A large-scale crowdsourced English speech corpus with clean and noisy human transcriptions.
LibriCrowd is a corpus of approximately 100 hours scripted English speech with both clean and noisy human transcriptions. The raw audio files and ground truth transcriptions are selected from a subset of the well-known LibriSpeech corpus. More information about the dataset statistics and baseline models trained on it can be found in our Paper "Human Transcription Quality Improvement"
- Human Transcription Error Detection and Correction:
The dataset contains crowdsourced human transcriptions at various noisy levels. The transcription quality is measured by the Transcription Word Error Rate (TWER) of noisy human transcriptions and the ground truth reference. The task is to improve crowdsourced human transcription quality by developing Confidence Estimation Models (CEMs) to detect human errors, and Error Correction Models (ECMs) to refine human transcriptions. The CEM performance is evaluated by error prediction accuracy (precision, recall, F1) at word or utterance level. The ECM performance is evaluated by the TWER reduction between the raw and refined human transcripitons.
- Robust Automatic Speech Recognition (ASR) System Evaluation:
The dataset can be used to finetune pretrained speech representations with the audio file and its human transcription text. The transcription has a clean version as well as a noisy version with a certain amount of human error. A robust ASR system is expect to have limited performance degradation when it's trained on nosiy data compared with the same model trained on clean data. The ASR system is evaluated by the Word Error Rate (WER %) of the ASR hypothesis compared to the ground truth reference.
The controled noisy level (TWER %) can be obtained by randomly mixing the noisy human transcriptions with the ground truth reference.
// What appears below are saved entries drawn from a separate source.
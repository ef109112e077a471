//! What an image and a drawing are called, and where an image lies.

ghost use Rattle.std.specs.Prelude.{◌≡◌, [], IfOk, IfSome, map, option_map, unwrap_or, string_bytes};
ghost use Rattle.html_render_dom_nodes.specs.Content.{content_of, property_of};
ghost use Rattle.html_render_dom.specs.Dom.{IsForest, IsNode, below, children_at, node_count, trees_of};
ghost use Rattle.html_render_dom_values.specs.Forest.{none};
ghost use Rattle.html_render_tree_convert.specs.Images.{read, image_parts, direct_texts, in_last_title, drawing_title};
ghost use Rattle.html_render_tree_convert.specs.Drawings.{is_title_node, text_in};

use html_render_dom::Error;
use html_render_dom::dom::{Attribute, AttributeValue, Handle, Namespace, NodeData, RcDom};
use html_render_layout_nodes::text::NodeText;
use std::alloc::{AllocError, Global};

/// Returns an image's source and title once one more attribute is read, which changes neither where there are both.
fn read<'a>(
    attribute: &'a Attribute,
    source: &'a AttributeValue,
    title: &'a AttributeValue,
) -> (&'a AttributeValue, &'a AttributeValue)
    ensures { record { source = result.0.now; title = result.1.now }
        ≡ read (record { source = source.now; title = title.now }) (property_of attribute.now) }
{
    let value = attribute.value.as_str();
    if value.is_empty() || (!source.as_str().is_empty() && !title.as_str().is_empty()) {
        return (source, title);
    }
    match attribute.name.local.as_str() {
        "alt" => (source, &attribute.value),
        "src" => (&attribute.value, title),
        _ => (source, title),
    }
}

/// Returns the source and the title of an image, each `nothing` where it isn't given.
pub(crate) fn image_parts<'a>(
    attributes: &'a [Attribute],
    nothing: &'a AttributeValue,
) -> (&'a AttributeValue, &'a AttributeValue)
    requires { nothing.now ≡ [] }
    ensures { record { source = result.0.now; title = result.1.now } ≡ image_parts (map property_of attributes.now) }
{
    let mut source = nothing;
    let mut title = nothing;
    for attribute in attributes {
        let (next_source, next_title) = read(attribute, source, title);
        source = next_source;
        title = next_title;
    }
    (source, title)
}

/// Reports whether a node is a `title` of SVG.
fn is_title(node: &NodeData) -> bool
    ensures { result ≡ is_title_node (content_of node.now) }
{
    match node {
        NodeData::Element { name, .. } => match name.ns {
            Namespace::Svg => name.local.as_str() == "title",
            _ => false,
        },
        _ => false,
    }
}

/// Returns the last of the titles in a node that come before any other element.
#[tactic(auto, using(crate::proofs::Drawings::children))]
fn last_title(dom: &RcDom, node: Handle) -> Option<Handle>
    requires { IsNode dom.now node }
    ensures node { IfSome result (IsNode dom.now) }
    ensures title { unwrap_or (option_map (below (node_count dom.now) dom.now) result) none
        ≡ in_last_title none (trees_of dom.now (children_at dom.now node)) }
{
    let mut title = None;
    for child in dom.child_list(node) {
        if is_title(dom.data(*child)) {
            title = Some(*child);
        } else if dom.is_element(*child) {
            return title;
        }
    }
    title
}

/// Returns the contents of a text; an empty text for any other node.
fn text_in(node: &NodeData) -> &str
    ensures { result.now ≡ text_in (content_of node.now) }
{
    match node {
        NodeData::Text { contents } => contents.as_str(),
        _ => "",
    }
}

/// Returns the texts that are children of a node, joined.
#[tactic(auto, using(crate::proofs::Drawings::children))]
fn direct_texts(alloc: Global, dom: &RcDom, node: Handle) -> Result<String, AllocError>
    requires { IsNode dom.now node }
    ensures { IfOk result (λ texts. string_bytes texts ≡ direct_texts (trees_of dom.now (children_at dom.now node))) }
{
    let mut texts = String::new(alloc);
    for child in dom.child_list(node) {
        texts.push_str(text_in(dom.data(*child)))?;
    }
    Ok(texts)
}

/// Returns the title of a drawing.
pub fn drawing_title(alloc: Global, dom: &RcDom, node: Handle) -> Result<NodeText, AllocError>
    requires forest { IsForest dom.now }
    requires node { IsNode dom.now node }
    ensures { IfOk result (λ title. title ≡ drawing_title (trees_of dom.now (children_at dom.now node))) }
{
    match last_title(dom, node) {
        Some(title) => Ok(NodeText::from(direct_texts(alloc, dom, title)?)),
        None => Ok(NodeText::from(String::new(alloc))),
    }
}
The robustness of ASR models is evaluated by using different levels of nosiy transcriptions as the training data, and then measure the WER.
This dataset can be split into three subsets. For training, the data is split into 'train-other-10h', 'train-other-60h', 'train-mixed-10h'; For evaluation, the data is split into 'dev-clean', 'dev-other', 'test-clean', 'test-other', which is the same as in the LibriSpeech dev/test subsets. The entire dataset contains approximately 100 hours of English speech. Detailed statistic is listed below:
Subset | # Utterances | speech hours | # Workers | # Responses |
---|---|---|---|---|
train-other-10h | 3165 | 10.0 | 1258 | 18673 |
train-other-60h | 17816 | 60.0 | 1136 | 20187 |
train-mixed-10h | 2763 | 9.8 | 616 | 14231 |
dev-clean | 2703 | 5.4 | 523 | 13994 |
test-clean | 2620 | 5.4 | 527 | 13587 |
dev-other | 2864 | 5.3 | 620 | 15235 |
test-other | 2939 | 5.1 | 989 | 15950 |
all | 34870 | 101.0 | 4433 | 111857 |
- The raw human transcriptions can be downloaded from
./transcription/raw/
- The processed human transcriptions can be downloaded from
./transcription/processed/
- The sample raw speech audio files can be listened from
./audio_sample/
- Full audio files can be downloaded from:
- train-mixed-10h.tar.gz [598M]
- train-other-10h.tar.gz [591M]
- train-other-60h.tar.gz [3.7G]
- dev-clean.tar.gz [337M]
- dev-other.tar.gz [314M]
- test-clean.tar.gz [346M]
- test-other.tar.gz [328M]
- LibriSpeech dataset is used under the CC BY 4.0 license.
- Libri-Light dataset is used under the the MIT license.
- LibriVox project is a free public domain audiobooks read by volunteers from around the world. All LibriVox Recordings are in the Public Domain and free to use without any restriction.